-------- RECORDS TO USE --------

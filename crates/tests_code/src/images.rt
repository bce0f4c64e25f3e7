//! A small file that is cut off or changed in one place, its image, and its symbols.

use elf_image::{ElfRefusal, Image, Segment, Symbol, fetch_length, read_image};
use elf_write::{
    FileHeader, SegmentHeader, push_file_header, push_number, push_program_header, push_words,
};
use std::alloc::{AllocError, Global};

/// One segment at 0x10000 with the whole file, and the code `addi a0,zero,5; ebreak` at 0x10078. A line is
/// e_ident; e_type to e_entry; e_phoff, e_shoff; e_flags to e_shstrndx; p_type to p_vaddr; p_paddr, p_filesz;
/// p_memsz, p_align; the code.
pub(crate) const SMALL: &[u8; 128] = b"\x7fELF\x02\x01\x01\0\0\0\0\0\0\0\0\0\
\x02\0\xf3\0\x01\0\0\0\x78\0\x01\0\0\0\0\0\
\x40\0\0\0\0\0\0\0\0\0\0\0\0\0\0\0\
\0\0\0\0\x40\0\x38\0\x01\0\0\0\0\0\0\0\
\x01\0\0\0\x05\0\0\0\0\0\0\0\0\0\0\0\0\0\x01\0\0\0\0\0\
\0\0\x01\0\0\0\0\0\x80\0\0\0\0\0\0\0\
\x80\0\0\0\0\0\0\0\0\x10\0\0\0\0\0\0\
\x13\x05\x50\0\x73\0\x10\0";

pub(crate) const CODE: [u32; 2] = [0x00500513, 0x00100073];

const FILE_HEADER: FileHeader = FileHeader {
    entry: 0x10078,
    flags: 0,
    segments: 1,
    sections_at: 0,
    sections: 0,
    names_section: 0,
};

const SEGMENT_HEADER: SegmentHeader = SegmentHeader {
    offset: 0,
    address: 0x10000,
    stored: 128,
    size: 128,
    flags: 5,
};

/// Puts other bytes at one place.
fn put(bytes: &mut [u8], at: usize, change: &[u8]) {
    if at <= bytes.len() && change.len() <= bytes.len() - at {
        bytes[at..at + change.len()].copy_from_slice(change);
    }
}

/// The small file with other bytes at one place.
fn changed(alloc: Global, at: usize, change: &[u8]) -> Result<Vec<u8>, AllocError> {
    let mut bytes = Vec::from_slice(alloc, SMALL)?;
    put(&mut bytes, at, change);
    Ok(bytes)
}

fn is_refused(alloc: Global, bytes: &[u8], refusal: ElfRefusal) -> bool {
    match read_image(alloc, bytes) {
        Ok(_) => false,
        Err(found) => found == refusal,
    }
}

/// Why the first bytes of the small file, so many, are refused.
fn cut_refusal(n: usize) -> ElfRefusal {
    let length = n as u64;
    if n < 64 {
        ElfRefusal::Short {
            length,
            offset: length,
        }
    } else if n < 120 {
        ElfRefusal::BadHeaderTable { offset: 32 }
    } else {
        ElfRefusal::BadSegment { offset: 64 }
    }
}

fn cut_files_are_refused(alloc: Global) -> bool {
    for n in 0..SMALL.len() {
        if !is_refused(alloc, &SMALL[..n], cut_refusal(n)) {
            return false;
        }
    }
    true
}

const NO_CODE: ElfRefusal = ElfRefusal::NoCode {
    entry: 0x10078,
    offset: 24,
};

/// Changes of the small file, each a place and the bytes there, and why the file is refused.
const CHANGES: [(usize, &[u8], ElfRefusal); 18] = [
    (3, b"f", ElfRefusal::NotElf { offset: 0 }),
    (4, &[1], ElfRefusal::NotClass64 { byte: 1, offset: 4 }),
    (5, &[2], ElfRefusal::NotLittle { byte: 2, offset: 5 }),
    (
        16,
        &[3],
        ElfRefusal::NotExec {
            e_type: 3,
            offset: 16,
        },
    ),
    (
        18,
        &[62],
        ElfRefusal::NotRiscv {
            e_machine: 62,
            offset: 18,
        },
    ),
    (
        24,
        &[0x7a],
        ElfRefusal::NoCode {
            entry: 0x1007a,
            offset: 24,
        },
    ),
    (32, &[0xff; 8], ElfRefusal::BadHeaderTable { offset: 32 }),
    (48, &[9], ElfRefusal::Rve { offset: 48 }),
    (54, &[55], ElfRefusal::BadHeaderTable { offset: 54 }),
    (56, &[0xff, 0xff], ElfRefusal::BadHeaderTable { offset: 32 }),
    (56, &[0], NO_CODE),
    (64, &[2], ElfRefusal::Dynamic { offset: 64 }),
    (64, &[3], ElfRefusal::Dynamic { offset: 64 }),
    (68, &[6], NO_CODE),
    (
        80,
        &[0xf8, 0xff, 0xff, 0xff, 0xff, 0xff, 0xff, 0xff],
        ElfRefusal::BadSegment { offset: 64 },
    ),
    (96, &[0xff; 8], ElfRefusal::BadSegment { offset: 64 }),
    (96, &[0; 16], NO_CODE),
    (104, &[127], ElfRefusal::BadSegment { offset: 64 }),
];

fn change_is_refused(alloc: Global, at: usize, change: &[u8], refusal: ElfRefusal) -> bool {
    match changed(alloc, at, change) {
        Ok(file) => is_refused(alloc, &file, refusal),
        Err(_) => false,
    }
}

fn changes_are_refused(alloc: Global) -> bool {
    for (at, change, refusal) in CHANGES.iter() {
        if !change_is_refused(alloc, *at, change, *refusal) {
            return false;
        }
    }
    true
}

/// The small file with its program header so many times.
fn repeated(alloc: Global, segments: u16) -> Result<Vec<u8>, AllocError> {
    let header = FileHeader {
        segments,
        ..FILE_HEADER
    };
    let mut file = Vec::new(alloc);
    push_file_header(&mut file, &header)?;
    for _ in 0..segments {
        push_program_header(&mut file, &SEGMENT_HEADER)?;
    }
    push_words(&mut file, &CODE)?;
    Ok(file)
}

const MANY: ElfRefusal = ElfRefusal::TooManySegments {
    limit: 64,
    offset: 64 + 64 * 56,
};

const REPEATED: [(u16, ElfRefusal); 3] = [
    (2, ElfRefusal::Overlap { offset: 120 }),
    (64, ElfRefusal::Overlap { offset: 120 }),
    (65, MANY),
];

fn repeated_is_refused(alloc: Global, segments: u16, refusal: ElfRefusal) -> bool {
    match repeated(alloc, segments) {
        Ok(file) => is_refused(alloc, &file, refusal),
        Err(_) => false,
    }
}

fn repeated_are_refused(alloc: Global) -> bool {
    for (segments, refusal) in REPEATED.iter() {
        if !repeated_is_refused(alloc, *segments, *refusal) {
            return false;
        }
    }
    true
}

fn one_is_accepted(alloc: Global) -> bool {
    match repeated(alloc, 1) {
        Ok(file) => read_image(alloc, &file).is_ok(),
        Err(_) => false,
    }
}

#[test]
fn the_first_condition_that_holds_is_answered(rt: HostRuntime) {
    let alloc = rt.alloc();
    assert!(rt; cut_files_are_refused(alloc));
    assert!(rt; changes_are_refused(alloc));
    assert!(rt; repeated_are_refused(alloc) && one_is_accepted(alloc));
}

const SEGMENT: Segment = Segment {
    address: 0x10000,
    size: 136,
    offset: 0,
    stored: 128,
    executable: true,
};

fn is_loaded(image: &Image) -> bool {
    image.entry == 0x10078
        && image.segments.as_slice() == [SEGMENT].as_slice()
        && image.symbols.len() == 0
        && image.unit == 4
}

const BYTES: [(u64, Option<u8>); 7] = [
    (0xffff, None),
    (0x10000, Some(0x7f)),
    (0x1007e, Some(0x10)),
    (0x10080, Some(0)),
    (0x10087, Some(0)),
    (0x10088, None),
    (u64::MAX, None),
];

fn has_bytes(image: &Image) -> bool {
    for (address, byte) in BYTES.iter() {
        if image.byte_at(*address) != *byte {
            return false;
        }
    }
    true
}

const WORDS: [(u64, Option<u32>); 7] = [
    (0xfffe, None),
    (0x10078, Some(0x0050_0513)),
    (0x10079, Some(0x7300_5005)),
    (0x1007c, Some(0x0010_0073)),
    (0x10084, Some(0)),
    (0x10085, None),
    (u64::MAX, None),
];

fn has_words(image: &Image) -> bool {
    for (address, word) in WORDS.iter() {
        if image.code_word_at(*address) != *word {
            return false;
        }
    }
    true
}

/// Whether these words are fetched, each with its length.
fn has_fetches(image: &Image, fetches: &[(u64, Option<(u32, u8)>)]) -> bool {
    for (address, fetch) in fetches {
        let same = match (image.code_at(*address), *fetch) {
            (Some(fetched), Some((word, length))) => {
                fetched.word == word && fetched.length == length
            }
            (None, None) => true,
            _ => false,
        };
        if !same {
            return false;
        }
    }
    true
}

const FETCHES: [(u64, Option<(u32, u8)>); 3] = [
    (0x10078, Some((0x0050_0513, 4))),
    (0x1007a, None),
    (0x10088, None),
];

fn image_of(alloc: Global, file: &[u8]) -> Option<Image> {
    match read_image(alloc, file) {
        Ok(image) => Some(image),
        Err(_) => None,
    }
}

fn image_with(alloc: Global, at: usize, change: &[u8]) -> Option<Image> {
    match changed(alloc, at, change) {
        Ok(file) => image_of(alloc, &file),
        Err(_) => None,
    }
}

fn loads(alloc: Global) -> bool {
    // p_memsz is 136.
    match image_with(alloc, 104, &[136]) {
        Some(image) => {
            is_loaded(&image)
                && has_bytes(&image)
                && has_words(&image)
                && has_fetches(&image, &FETCHES)
        }
        None => false,
    }
}

#[test]
fn bytes_are_loaded_and_the_rest_is_zero(rt: HostRuntime) {
    assert!(rt; loads(rt.alloc()));
}

const FETCHES_OF_BOTH_LENGTHS: [(u64, Option<(u32, u8)>); 6] = [
    (0x10078, Some((0x0050_0513, 4))),
    (0x10079, None),
    (0x1007a, Some((0x0050, 2))),
    (0x1007c, Some((0x0010_0073, 4))),
    (0x1007e, Some((0x0010, 2))),
    (0x10080, None),
];

fn loads_compressed(alloc: Global) -> bool {
    match image_with(alloc, 48, &[1]) {
        Some(image) => image.unit == 2 && has_fetches(&image, &FETCHES_OF_BOTH_LENGTHS),
        None => false,
    }
}

#[test]
fn code_may_be_compressed(rt: HostRuntime) {
    assert!(rt; fetch_length(2, 0x15) == 2 && fetch_length(2, 0x13) == 4);
    assert!(rt; loads_compressed(rt.alloc()));
}

/// The lowest byte of the entry, the flags, and whether there is an image: the two last bytes of a file with
/// compressed code, and one before.
const ENTRIES: [(u8, u8, bool); 5] = [
    (0x7e, 1, true),
    (0x7a, 1, true),
    (0x79, 1, false),
    (0x7e, 0, false),
    (0x7c, 0, true),
];

fn is_entered(alloc: Global, entry: u8, flags: u8) -> bool {
    match changed(alloc, 24, &[entry]) {
        Ok(mut file) => {
            put(&mut file, 48, &[flags]);
            read_image(alloc, &file).is_ok()
        }
        Err(_) => false,
    }
}

fn entries_need_fetches(alloc: Global) -> bool {
    for (entry, flags, accepted) in ENTRIES.iter() {
        if is_entered(alloc, *entry, *flags) != *accepted {
            return false;
        }
    }
    true
}

#[test]
fn an_entry_needs_a_fetch(rt: HostRuntime) {
    assert!(rt; entries_need_fetches(rt.alloc()));
}

// The texts of the string table: none, `f`, `g`, `1x`, `.a$_Z9`, and `h` with no zero byte behind it.
const STRINGS: &[u8; 16] = b"\0f\0g\01x\0.a$_Z9\0h";

// The entries: st_name, st_info, st_shndx, st_value.
const SYMBOLS: [(u32, u8, u16, u64); 10] = [
    (0, 0, 0, 0),
    (1, 0x12, 1, 0x10078), // serves
    (1, 0x02, 1, 0x1007c), // serves
    (3, 0x11, 1, 0x10078), // an object
    (3, 0x12, 0, 0x10078), // undefined
    (5, 0x12, 1, 0x10078), // begins with a digit
    (0, 0x12, 1, 0x10078), // has no name
    (16, 0x12, 1, 0x10078), // its name is outside the string table
    (15, 0x12, 1, 0x10078), // its name has no end
    (8, 0xf2, 0xffff, 7), // serves
];

const SERVING: [(&[u8], u64); 3] = [(b"f", 0x10078), (b"f", 0x1007c), (b".a$_Z9", 7)];

/// Appends the entry of a symbol.
pub(crate) fn push_symbol(
    file: &mut Vec<u8>,
    symbol: (u32, u8, u16, u64),
) -> Result<(), AllocError> {
    let (st_name, st_info, st_shndx, st_value) = symbol;
    push_number(file, 4, u64::from(st_name))?;
    push_number(file, 2, u64::from(st_info))?;
    push_number(file, 2, u64::from(st_shndx))?;
    push_number(file, 8, st_value)?;
    push_number(file, 8, 0)
}

/// Appends the header of a section: sh_type, sh_offset, sh_size, sh_link and sh_entsize.
pub(crate) fn push_section(file: &mut Vec<u8>, fields: [u64; 5]) -> Result<(), AllocError> {
    let [sh_type, sh_offset, sh_size, sh_link, sh_entsize] = fields;
    for field in [
        sh_type << 32,
        0,
        0,
        sh_offset,
        sh_size,
        sh_link,
        0,
        sh_entsize,
    ]
    .iter()
    {
        push_number(file, 8, *field)?;
    }
    Ok(())
}

// Behind the code of the small file a string table at 128, a symbol table at 144 and section headers at 384.
fn push_sections(file: &mut Vec<u8>) -> Result<(), AllocError> {
    file.extend_from_slice(STRINGS)?;
    for symbol in SYMBOLS.iter() {
        push_symbol(file, *symbol)?;
    }
    push_section(file, [0; 5])?;
    push_section(file, [2, 144, 240, 2, 24])?;
    push_section(file, [3, 128, 16, 0, 0])
}

fn file_with_symbols(alloc: Global) -> Result<Vec<u8>, AllocError> {
    let header = FileHeader {
        sections_at: 384,
        sections: 3,
        ..FILE_HEADER
    };
    let mut file = Vec::new(alloc);
    push_file_header(&mut file, &header)?;
    push_program_header(&mut file, &SEGMENT_HEADER)?;
    push_words(&mut file, &CODE)?;
    push_sections(&mut file)?;
    Ok(file)
}

fn are_serving(symbols: &[Symbol]) -> bool {
    for (symbol, (name, value)) in symbols.iter().zip(SERVING.iter()) {
        if symbol.name.as_slice() != *name || symbol.value != *value {
            return false;
        }
    }
    symbols.len() == SERVING.len()
}

/// The image of the file with symbols, with another byte at one place.
fn image_with_symbols(alloc: Global, at: usize, byte: u8) -> Option<Image> {
    match file_with_symbols(alloc) {
        Ok(mut file) => {
            put(&mut file, at, &[byte]);
            image_of(alloc, &file)
        }
        Err(_) => None,
    }
}

fn some_serve(alloc: Global) -> bool {
    match image_with_symbols(alloc, 0, 0x7f) {
        Some(image) => are_serving(image.symbols.as_slice()),
        None => false,
    }
}

#[test]
fn three_of_ten_serve(rt: HostRuntime) {
    assert!(rt; some_serve(rt.alloc()));
}

// What makes the symbols fewer: an offset in the file, a byte to be put there, and how many are left.
const FEWER: [(usize, u8, usize); 9] = [
    (58, 63, 0), // e_shentsize
    (60, 4, 0), // e_shnum, behind the file
    (60, 2, 0), // e_shnum, without the string table
    (452, 1, 0), // sh_type of the symbol table
    (473, 2, 0), // sh_offset of the symbol table, too near to the file's end
    (480, 239, 2), // sh_size of the symbol table, with a part of the last entry
    (488, 3, 0), // sh_link of the symbol table
    (504, 23, 0), // sh_entsize of the symbol table
    (547, 2, 0), // sh_size of the string table
];

fn leaves(alloc: Global, at: usize, byte: u8, left: usize) -> bool {
    match image_with_symbols(alloc, at, byte) {
        Some(image) => image.symbols.len() == left,
        None => false,
    }
}

fn changes_leave_fewer(alloc: Global) -> bool {
    for (at, byte, left) in FEWER.iter() {
        if !leaves(alloc, *at, *byte, *left) {
            return false;
        }
    }
    true
}

#[test]
fn a_table_that_cannot_be_read_has_none(rt: HostRuntime) {
    assert!(rt; changes_leave_fewer(rt.alloc()));
}
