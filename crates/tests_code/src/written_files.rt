//! Headers and small files, byte for byte.

use crate::images::{CODE, SMALL};
use elf_write::{
    FileHeader, SegmentHeader, file_of_code, file_of_words, push_file_header, push_program_header,
};
use std::alloc::Global;

const FILE_HEADER: FileHeader = FileHeader {
    entry: 0x1122334455667788,
    flags: 0x99aabbcc,
    segments: 3,
    sections_at: 0x0102030405060708,
    sections: 0x0a0b,
    names_section: 0x0c0d,
};

const SEGMENT_HEADER: SegmentHeader = SegmentHeader {
    offset: 0x1122334455667788,
    address: 0x0102030405060708,
    stored: 0x090a0b0c0d0e0f10,
    size: 0xa1a2a3a4a5a6a7a8,
    flags: 6,
};

// e_ident; e_type to e_entry; e_phoff, e_shoff; e_flags to e_shstrndx
const FILE_HEADER_BYTES: &[u8] = b"\x7fELF\x02\x01\x01\0\0\0\0\0\0\0\0\0\
\x02\0\xf3\0\x01\0\0\0\x88\x77\x66\x55\x44\x33\x22\x11\
\x40\0\0\0\0\0\0\0\x08\x07\x06\x05\x04\x03\x02\x01\
\xcc\xbb\xaa\x99\x40\0\x38\0\x03\0\x40\0\x0b\x0a\x0d\x0c";

// p_type, p_flags, p_offset; p_vaddr, p_paddr; p_filesz, p_memsz; p_align
const SEGMENT_HEADER_BYTES: &[u8] = b"\x01\0\0\0\x06\0\0\0\x88\x77\x66\x55\x44\x33\x22\x11\
\x08\x07\x06\x05\x04\x03\x02\x01\x08\x07\x06\x05\x04\x03\x02\x01\
\x10\x0f\x0e\x0d\x0c\x0b\x0a\x09\xa8\xa7\xa6\xa5\xa4\xa3\xa2\xa1\
\0\x10\0\0\0\0\0\0";

fn writes_file_header(alloc: Global) -> bool {
    let mut file = Vec::new(alloc);
    push_file_header(&mut file, &FILE_HEADER).is_ok() && file.as_slice() == FILE_HEADER_BYTES
}

fn writes_segment_header(alloc: Global) -> bool {
    let mut file = Vec::new(alloc);
    push_program_header(&mut file, &SEGMENT_HEADER).is_ok()
        && file.as_slice() == SEGMENT_HEADER_BYTES
}

#[test]
fn headers(rt: HostRuntime) {
    assert!(rt; writes_file_header(rt.alloc()));
    assert!(rt; writes_segment_header(rt.alloc()));
}

/// c.li a0,5; c.ebreak
const COMPRESSED: &[u8] = b"\x15\x45\x02\x90";

/// Whether the small file with this code is so long, tells its length and its flags, and ends in the code.
fn is_compressed_file(file: &[u8]) -> bool {
    file.len() == 124
        && file.get(48..52) == Some(b"\x01\0\0\0".as_slice())
        && file.get(96..104) == Some(b"\x7c\0\0\0\0\0\0\0".as_slice())
        && file.get(104..112) == Some(b"\x7c\0\0\0\0\0\0\0".as_slice())
        && file.get(120..) == Some(COMPRESSED)
}

fn writes_small_file(alloc: Global) -> bool {
    match file_of_words(alloc, &CODE) {
        Ok(file) => file.as_slice() == SMALL.as_slice(),
        Err(_) => false,
    }
}

fn writes_compressed_file(alloc: Global) -> bool {
    match file_of_code(alloc, 1, COMPRESSED) {
        Ok(file) => is_compressed_file(&file),
        Err(_) => false,
    }
}

#[test]
fn small_files(rt: HostRuntime) {
    assert!(rt; writes_small_file(rt.alloc()));
    assert!(rt; writes_compressed_file(rt.alloc()));
}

--------

* _WHAT YOU SHOULD DO_
Gather each line in the data that holds the string "Option".

* _SOLUTION TO THE EXERCISE_
const BYTES: [(u64, Option<u8>); 7] = [
const WORDS: [(u64, Option<u32>); 7] = [
fn has_fetches(image: &Image, fetches: &[(u64, Option<(u32, u8)>)]) -> bool {
const FETCHES: [(u64, Option<(u32, u8)>); 3] = [
fn image_of(alloc: Global, file: &[u8]) -> Option<Image> {
fn image_with(alloc: Global, at: usize, change: &[u8]) -> Option<Image> {
const FETCHES_OF_BOTH_LENGTHS: [(u64, Option<(u32, u8)>); 6] = [
fn image_with_symbols(alloc: Global, at: usize, byte: u8) -> Option<Image> {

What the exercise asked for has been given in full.